Anastasios wrote:
Wishgranter wrote:
Over next few days will show 2 dataset on turntable
How to shoot what to watch, and if it cannot be aligned in one piece how to get it together…
I am sorry to resurrect this old thread, but I am very interested on how to shoot and how to align top and bottom of an object on a turntable.
I’ll resurrect again. I’m new to photogrammetry but I’ve been playing around with the turntable aspect and thought I’d share something that’s worked really well for me. This is just experimenting and done very cheaply.

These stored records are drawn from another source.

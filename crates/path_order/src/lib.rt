//! The walk below a directory in path order, over any view of the nodes.
//!
//! A `Cursor` is a walk that has come to a path: `next` answers the node of the first path behind it and goes there, until nothing that
//! is below the directory is left. It keeps the directories on the way to that path and nothing else, and it makes one look a step. A
//! caller may rely on this: for all parts that stand for a tree and agree with what the view has shown, the node is that of the first
//! path of the tree behind the last one, no other stripe was looked at than that of this node, and where the node lies in a stripe that
//! isn't held, the answer names it. After an error nothing is said of the cursor: who goes on begins anew.
//!
//! `start_at` begins a walk behind a token, and answers the nodes on the way to it; `behind` does so by the names of a path that may be
//! lost. `next_page` takes the next nodes of a walk, `list_below` makes a page of all that is below a directory with its token, as the
//! model has it, and `walk_subtree` takes a node with all that is below it.
//!
//! Where a walk is and what comes next stands in `specs/Cursors.antt`, pages in `specs/PagesBelow.antt` and `specs/Listings.antt`,
//! beginnings in `specs/Starts.antt`, whole subtrees in `specs/Subtrees.antt`, and pages that follow one another in `specs/Followed.antt`.
#![tactic(auto)]

mod begin;
mod cursor;
mod ids;
mod laws;
mod listing;
mod names;
mod paging;
mod token;
mod whole;

pub use begin::{Start, behind};
pub use cursor::{Cursor, Seen};
pub use ids::with_ids;
pub use laws::pages_cover_their_list;
pub use listing::{Listing, list_below};
pub use names::path_below;
pub use paging::{Page, next_page};
pub use token::start_at;
pub use whole::{Subtree, walk_subtree};
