ghost use Rattle.std.specs.Prelude.{◌≡◌, ◌≢◌, ℕ, [], Some, Err, option_map, IfOk};
ghost use Rattle.inode_tree.specs.Views.{Shown};
ghost use Rattle.inode_tree.specs.declared.draft.EvalStop.TheVariants as stop;
ghost use Rattle.inode_tree.specs.declared.need.Need.{Need};
ghost use Rattle.namespace_model.specs.Trees.{Path};
ghost use Rattle.path_walk.specs.Calls.{GoesOn};
ghost use Rattle.path_order.specs.Cursors.{IsCursor};
ghost use Rattle.path_order.specs.Starts.{IsAtFor, IsStartAt, NeedsOnTheWay};

use super::begin::{Start, behind};
use super::cursor::Cursor;
use inode_tree::{EvalStop, NodeRef, View};
use path_text::Path;
use std::alloc::Global;
use std::cmp::Ordering;

/// A walk below the node of a path, behind a token where one is given. It is `None` where the token stands behind all that
/// can be below the path. Each node below the path that is there on the way to the token is looked at, for which its stripe
/// has to be held at least shared: where it isn't, the answer is `Need`. `NoMemory` may come at any time.
pub fn start_at<V: View>(
    alloc: Global,
    view: &mut V,
    dir: &Path,
    root: NodeRef,
    token: Option<&Path>,
) -> Result<Option<Start>, EvalStop>
    requires path { dir.now ≢ [] }
    requires root { IsAtFor (V.shown view.old) dir.now root }
    ensures on { GoesOn (V.held view.old) (V.held view.new) (V.over view.old) (V.over view.new) (V.shown view.old) (V.shown view.new) }
    ensures start { IfOk result (λ start. IsStartAt (V.held view.new) (V.shown view.new) dir.now
        (option_map (λ t. t.now) token.entry) start) }
    ensures need { (n : Need) → result ≡ Err (stop.Need n) → NeedsOnTheWay (V.held view.new) (V.shown view.new) dir.now
        (option_map (λ t. t.now) token.entry) n }
{
    let Some(token) = token else {
        return Ok(Some(at_start(alloc, root)));
    };
    if dir.is_prefix_of(token) {
        let names = &token.names()[dir.names().len()..];
        return match behind(alloc, view, root, names) {
            Ok(start) => Ok(Some(start)),
            Err(stop) => Err(stop),
        };
    }
    match dir.cmp(token) {
        Ordering::Less => Ok(None),
        _ => Ok(Some(at_start(alloc, root))),
    }
}

// A walk at its beginning.
fn at_start(alloc: Global, root: NodeRef) -> Start
    ensures walk { (shown : Shown) (p : Path) → IsAtFor shown p root → IsCursor shown p p result.cursor }
    ensures seen { result.seen.items ≡ [] }
{
    Start {
        cursor: Cursor::start(alloc, root),
        seen: Vec::new(alloc),
    }
}
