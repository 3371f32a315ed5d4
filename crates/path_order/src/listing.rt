ghost use Rattle.std.specs.Prelude.{◌≡◌, ◌≢◌, ◌≤◌, [], true, Some, None, Err, option_map, IfOk, if◌then◌else◌};
ghost use Rattle.inode_tree.specs.declared.draft.EvalStop.TheVariants as stop;
ghost use Rattle.inode_tree.specs.declared.need.Need.{Need};
ghost use Rattle.path_order.specs.PagesBelow.{NeedsOfPage};
ghost use Rattle.path_order.specs.Cursors.{names_of, IsWalk, IsCursor};
ghost use Rattle.path_order.specs.Listings.{IsListing, IsListedFrom, NeedsListing, items_of};
ghost use Rattle.path_order.specs.Starts.{IsAtFor};
ghost use Rattle.namespace_model.specs.Trees.{Path};
ghost use Rattle.path_walk.specs.Calls.{GoesOn};

use super::begin::Start;
use super::cursor::{Cursor, Seen};
use super::paging::next_page;
use super::token::start_at;
use inode_tree::{EvalStop, NodeRef, View};
use path_text::{Name, Path};
use std::alloc::{AllocError, Global};

/// What a page of all that is below a directory reads and shows.
#[derive(Drop)]
pub struct Listing {
    /// The nodes on the way to the token.
    pub way: Vec<Seen>,
    /// The nodes of the page.
    pub seen: Vec<Seen>,
    /// The names below the directory of the last path, where more is left.
    pub next: Option<Vec<Name>>,
}

/// A page of all that is below the node of a path, at most so many nodes, behind a token where one is given. Each node of
/// the page and each on the way to the token is looked at, for which its stripe has to be held at least shared: where it
/// isn't, the answer is `Need`. `NoMemory` may come at any time.
pub fn list_below<V: View>(
    alloc: Global,
    view: &mut V,
    dir: &Path,
    root: NodeRef,
    token: Option<&Path>,
    max: usize,
) -> Result<Listing, EvalStop>
    requires path { dir.now ≢ [] }
    requires root { IsAtFor (V.shown view.old) dir.now root }
    requires some { 1 ≤ max }
    ensures on { GoesOn (V.held view.old) (V.held view.new) (V.over view.old) (V.over view.new) (V.shown view.old) (V.shown view.new) }
    ensures listing { IfOk result (λ listing. IsListing (V.held view.new) (V.shown view.new) dir.now
        (option_map (λ t. t.now) token.entry) max listing) }
    ensures need { (n : Need) → result ≡ Err (stop.Need n) → NeedsListing (V.held view.new) (V.shown view.new) dir.now
        (option_map (λ t. t.now) token.entry) max n }
{
    match start_at(alloc, view, dir, root, token) {
        Ok(None) => Ok(Listing {
            way: Vec::new(alloc),
            seen: Vec::new(alloc),
            next: None,
        }),
        Ok(Some(start)) => list_from(alloc, view, start, max),
        Err(stop) => Err(stop),
    }
}

// A page of a walk that began.
fn list_from<V: View>(
    alloc: Global,
    view: &mut V,
    start: Start,
    max: usize,
) -> Result<Listing, EvalStop>
    requires walk { IsWalk (V.shown view.old) start.cursor }
    requires some { 1 ≤ max }
    ensures on { GoesOn (V.held view.old) (V.held view.new) (V.over view.old) (V.over view.new) (V.shown view.old) (V.shown view.new) }
    ensures listing { IfOk result (λ listing. (listing.way.items ≡ start.seen.items)
        × ((dir token : Path) → IsCursor (V.shown view.old) dir token start.cursor
        → IsListedFrom (V.held view.new) (V.shown view.new) dir token max listing)) }
    ensures need { (n : Need) → result ≡ Err (stop.Need n) → (dir token : Path) → IsCursor (V.shown view.old) dir token start.cursor
        → NeedsOfPage (V.held view.new) (V.shown view.new) dir token max n }
{
    let Start {
        mut cursor,
        seen: way,
    } = start;
    let page = match next_page(alloc, view, &mut cursor, max) {
        Ok(page) => page,
        Err(stop) => return Err(stop),
    };
    let next = next_names(alloc, &cursor, page.more)?;
    Ok(Listing {
        way,
        seen: page.seen,
        next,
    })
}

// The names of the last path, where more is left.
fn next_names(alloc: Global, cursor: &Cursor, more: bool) -> Result<Option<Vec<Name>>, AllocError>
    ensures { IfOk result (λ next. items_of next ≡ (if more then Some (names_of cursor.now) else None)) }
{
    if more {
        return Ok(Some(cursor.names(alloc)?));
    }
    Ok(None)
}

I created a box with an open front from plain white poster board. $.50 per sheet at my local store. Robbed a 10" turntable base from a spice rack in the kitchen. 4 cheap lamps with 60w led bulbs shining into the front of the box. Bulbs are just open as the white poster board seems to do a good job of diffusing light from the source. I place a featureless plain white glass dinner plate over the turntable near the center of the box and put the object in the center of the plate. What I’ve found is that with a camera on a tripod in front of the box, I can shoot a complete revolution of an object on the turntable, then rotate the object on any axis and shoot another revolution. Most of the time I get a 100% alignment and little to no cleanup after reconstruction.
Like I said I’m new at this but I guess the glass plate doesn’t register? Whatever the reason it works very well. Never have to move the camera, just rotate the object to get top and bottom. I usually only have to rotate the object once 90 degrees to get the top and bottom as well. Very few to no stray points and good reconstruction detail of all sides with good lighting and 100-150 photos.